That is everything besides your saving account and first home. So the value of
your second home, artwork you bought as an investment, stocks, bonds, money
loaned out, money in the HOA. A 5.33% gain on your investments is assumed
which is taxed at 33%. So effectively 1.75% of your invested net worth has to
be paid as a tax.

Debt such as a mortgage can be subtracted but not at the full 5.33%. So if you
have a mortgage of €200,000 and a second home that is worth €200,000 then you
owe about €1400 in tax each year, despite not having any net worth at all.

------
motohagiography
The understanding of wealth that leads to conclusions like these is based on a
misapprehension.

You don't "have," wealth, you are responsible for it, and in particular, for
growing it by investment in productive assets. If you don't, it literally
evaporates.

The wealth tax argument is like seeing a transport truck and saying, "look at
all the metal, rubber, and fuel that person has, surely they would not be
harmed if we made them contribute some of it to give to our supporters!"
without thought to what it carries, the purpose it serves, or whether it's
still useful after being hobbled.

There are some people who seem to think being rich is like Scrooge McDuck
swimming in a pool full of coins and treasure.

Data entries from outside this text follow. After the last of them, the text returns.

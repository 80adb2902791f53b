//! How many bytes the fields of a grid's file have.

/// How many bytes the head has: what every grid's file begins with, n and parts.
pub const HEAD_SIZE: usize = 16;

/// How many bytes an entry of the index has: the number of edges of a block.
pub const ENTRY_SIZE: usize = 8;

/// How many bytes an edge has: its source, its destination and its weight.
pub const EDGE_SIZE: usize = 12;
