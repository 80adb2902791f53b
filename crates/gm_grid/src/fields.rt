//! The fields of a grid's file: its head, the number of edges of a block, and an edge.

ghost use Rattle.std.specs.Prelude.{◌≡◌, IfOk};
ghost use Rattle.std.specs.Result.{result_err};
ghost use Rattle.gm_base.specs.Dimensions.{AreDimensions};
ghost use Rattle.gm_grid.specs.Format.{head_bytes, count_bytes, edge_bytes};
ghost use Rattle.gm_grid.specs.GridBytes.{shape_of_head, edge_of_bytes};
ghost use Rattle.gm_grid.specs.GridRefusals.{head_refusal};

use crate::{EDGE_SIZE, ENTRY_SIZE, GridError, HEAD_SIZE};
use byteorder::{ByteOrder, LittleEndian};
use gm_base::{Edge, Shape};

/// What a grid's file begins with.
const MAGIC: [u8; 8] = *b"GGRID001";

/// The shape that a head tells. `BadMagic` where the first 8 aren't `GGRID001`, else `BadShape` where
/// the numbers behind them are no shape's.
#[tactic(auto, unfolding(crate::specs::GridRefusals::head_refusal))]
pub fn read_head(bytes: &[u8; HEAD_SIZE]) -> Result<Shape, GridError>
    ensures refused { result_err result ≡ head_refusal bytes.now }
    ensures shape { IfOk result (λ shape. shape ≡ shape_of_head bytes.now) }
    ensures head { IfOk result (λ shape.
        AreDimensions shape.n shape.parts × (bytes.now ≡ head_bytes shape.n shape.parts)) }
{
    if &bytes[..8] != MAGIC.as_slice() {
        return Err(GridError::BadMagic);
    }
    let n = LittleEndian::read_u32(&bytes[8..]);
    let parts = LittleEndian::read_u32(&bytes[12..]);
    Shape::new(n, parts).ok_or(GridError::BadShape { n, parts })
}

/// Writes the head of the file of a grid of this shape.
pub fn write_head(shape: &Shape, into: &mut [u8; HEAD_SIZE])
    ensures { into.new ≡ head_bytes shape.now.n shape.now.parts }
{
    into[..8].copy_from_slice(&MAGIC);
    LittleEndian::write_u32(&mut into[8..], shape.n());
    LittleEndian::write_u32(&mut into[12..], shape.parts());
}

/// Writes the bytes of the number of edges of a block.
pub fn write_count(count: u64, into: &mut [u8; ENTRY_SIZE])
    ensures { into.new ≡ count_bytes count }
{
    LittleEndian::write_u64(into, count);
}

/// The edge of these bytes: its source, its destination and its weight.
pub fn read_edge(bytes: &[u8; EDGE_SIZE]) -> Edge
    ensures value { result ≡ edge_of_bytes bytes.now }
    ensures bytes { edge_bytes result ≡ bytes.now }
{
    Edge {
        from: LittleEndian::read_u32(bytes),
        to: LittleEndian::read_u32(&bytes[4..]),
        weight: LittleEndian::read_u32(&bytes[8..]),
    }
}

/// Writes the bytes of the edge.
pub fn write_edge(e: &Edge, into: &mut [u8; EDGE_SIZE])
    ensures { into.new ≡ edge_bytes e.now }
{
    LittleEndian::write_u32(&mut into[..4], e.from);
    LittleEndian::write_u32(&mut into[4..8], e.to);
    LittleEndian::write_u32(&mut into[8..], e.weight);
}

If you want to know what wealth taxes look like in practice, we have wealth
taxes today, cities impose them, and they are called property taxes, and they
have a huge impact on the viability of businesses and the lives of seniors,
families, and renters. They are complex dynamics.

If progressives want to recapture money from wealthy people they could capture
it indirectly on a greater scale through reducing the impact of globalization
by enforcing tariffs in national economic zones, favouring domestic industry,
and facilitating regional growth instead of scavenging it. Modest luxury taxes
that are not distorting or prohibitive, or designed to engineer culture
captures the most via a progressive federal sales tax (VAT).

People who say this won't sufficiently deprive billionaires of their privilege
would be tipping their hand, as if that's the true goal, why bother to use the
legalisms of a wealth tax as a pretext at all?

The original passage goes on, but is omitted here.